“那太好了!”宁可金喜道。
正事说完,气氛轻松了些。
费文典犹豫了一下,还是问出口:“宁大哥,苏苏…秀秀她…现在好吗?”
“俺姐她现在很好,文典哥不必挂心。”
费文典眼神黯淡下来,低声道:“是俺对不起秀秀…辜负了她…可家里的事,俺实在…”他说不下去了,眼圈又有点红了。
宁可金叹了口气:“文典,这事儿不说了。各人有各人的难处。”
苏苏也道:“文典哥,过去的事就过去了。俺姐说了,她不怨你。”
这话一半是真,一半是安慰。
宁秀秀心里到底怨不怨,只有她自己知道。
费文典擦了擦眼角,强笑道:“谢谢你们…那,永佃的事,咱们定个时间?”
“两天后吧。”宁可金道,“两天后俺们在村里见面,看情况再说。”
“好。”
从费家出来,兄妹俩骑马回村。
路上,宁可金长舒一口气:“有费文典出面,这事儿成了一半。”
“嗯。”宁苏苏点头,“现在就看费家嫂子怎么想了。她那个人,精明得很,不会轻易松口。”
“但愿能成吧。”
两天后,费文典来了宁家,跟宁苏苏、宁可金碰头。
“俺跟嫂子说了。”费文典神色有些疲惫,眼下有淡淡的青黑,显然这两天没睡好。
“她一开始坚决不同意,说俺胡闹,读书读傻了。
俺跟她讲了一晚上道理,说现在全省都在搞农会,永佃是大势所趋。
要是咱们硬扛着,等农会搞起来,硬逼着永佃,俺费家的名声就毁了,还得罪了乡亲。
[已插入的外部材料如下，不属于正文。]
//! Why a journal's calls end early.
ghost use Rattle.std.specs.Prelude.{◌≡◌};
ghost use Rattle.archive_journal.specs.declared.fault.InitFault.TheVariants.{DiskFault as init_disk_fault};
ghost use Rattle.archive_journal.specs.declared.fault.RecoverFault.TheVariants.{DiskFault as recover_disk_fault, OutOfMemory as recover_out_of_memory};
ghost use Rattle.archive_journal.specs.declared.fault.ReadFault.TheVariants.{DiskFault as read_disk_fault, OutOfMemory as read_out_of_memory};

use exact_time::{Failed, OutOfMemory};
use std::alloc::{AllocError, AllocFailed};
use std::error::Error;
use std::fmt;

/// The disk failed, or an earlier commit stopped the journal.
#[derive(Clone, Copy, Debug, PartialEq, Eq)]
pub struct DiskFault;

impl fmt::Display for DiskFault {
    fn fmt<W: fmt::Write>(&self, f: &mut fmt::Formatter<W>) -> fmt::Result {
        f.write_str("the disk failed")
    }
}

impl Error for DiskFault {}

impl From<Failed> for DiskFault {
    fn from(_failed: Failed) -> DiskFault {
        DiskFault
    }
}

/// Why no journal was made.
#[derive(Clone, Copy, Debug, PartialEq, Eq)]
pub enum InitFault {
    /// The disk failed.
    DiskFault,
    /// The file has bytes already, so many.
    NotEmpty(u64),
}

impl fmt::Display for InitFault {
    fn fmt<W: fmt::Write>(&self, f: &mut fmt::Formatter<W>) -> fmt::Result {
        match self {
            InitFault::DiskFault => f.write_str("the disk failed"),
            InitFault::NotEmpty(length) => write!(f, "the file has {length} bytes"),
        }
    }
}

impl Error for InitFault {}

impl From<Failed> for InitFault {
    ghost from_gives = { λ _ fault. fault ≡ init_disk_fault };

    fn from(_failed: Failed) -> InitFault {
        InitFault::DiskFault
    }
}

/// Why a file wasn't opened as a journal.
#[derive(Clone, Copy, Debug, PartialEq, Eq)]
pub enum RecoverFault {
    /// The disk failed.
    DiskFault,
    /// The file has fewer than 17 bytes, or another magic.
    NotAJournal,
    /// At this offset the gate is missing, or is open and its length is 0, over the limit or past the
    /// end of the file.
    Damaged(u64),
    /// Memory ran out.
    OutOfMemory,
}

impl fmt::Display for RecoverFault {
    fn fmt<W: fmt::Write>(&self, f: &mut fmt::Formatter<W>) -> fmt::Result {
        match self {
            RecoverFault::DiskFault => f.write_str("the disk failed"),
            RecoverFault::NotAJournal => f.write_str("not a journal"),
            RecoverFault::Damaged(at) => write!(f, "journal damaged at {at}"),
            RecoverFault::OutOfMemory => f.write_str("out of memory"),
        }
    }
}

impl Error for RecoverFault {}

impl From<Failed> for RecoverFault {
    ghost from_gives = { λ _ fault. fault ≡ recover_disk_fault };

    fn from(_failed: Failed) -> RecoverFault {
        RecoverFault::DiskFault
    }
}

impl<T: Drop> From<AllocFailed<T>> for RecoverFault {
    ghost from_gives = { λ _ fault. fault ≡ recover_out_of_memory };

    fn from(_error: AllocFailed<T>) -> RecoverFault {
        RecoverFault::OutOfMemory
    }
}

/// Why a payload wasn't read.
#[derive(Clone, Copy, Debug, PartialEq, Eq)]
pub enum ReadFault {
    /// The disk failed.
    DiskFault,
    /// Memory ran out.
    OutOfMemory,
}

impl fmt::Display for ReadFault {
    fn fmt<W: fmt::Write>(&self, f: &mut fmt::Formatter<W>) -> fmt::Result {
        match self {
            ReadFault::DiskFault => f.write_str("the disk failed"),
            ReadFault::OutOfMemory => f.write_str("out of memory"),
        }
    }
}

impl Error for ReadFault {}

impl From<Failed> for ReadFault {
    ghost from_gives = { λ _ fault. fault ≡ read_disk_fault };

    fn from(_failed: Failed) -> ReadFault {
        ReadFault::DiskFault
    }
}

impl From<OutOfMemory> for ReadFault {
    ghost from_gives = { λ _ fault. fault ≡ read_out_of_memory };

    fn from(_error: OutOfMemory) -> ReadFault {
        ReadFault::OutOfMemory
    }
}

impl From<AllocError> for ReadFault {
    ghost from_gives = { λ _ fault. fault ≡ read_out_of_memory };

    fn from(_error: AllocError) -> ReadFault {
        ReadFault::OutOfMemory
    }
}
”
宁可金急切问:“她松口了?”
“松了一点。”费文典道,“她说要看看宁家的态度。要是宁家搞,费家就搞。
要是宁家不搞,费家也不搞。她说…不能当出头鸟。”
这在意料之中。费左氏精明,凡事都要权衡利弊,不会轻易冒险。
堂屋里,宁学祥还在抽他的旱烟,烟锅里的烟丝明明灭灭。
“爹,”宁苏苏走进去,“费家那边有消息了。”
宁学祥抬头,眼神浑浊:“咋说?”
“费家说,只要咱家搞永佃,费家就跟着搞。”
宁学祥手里的烟杆顿了顿,烟灰掉在桌上。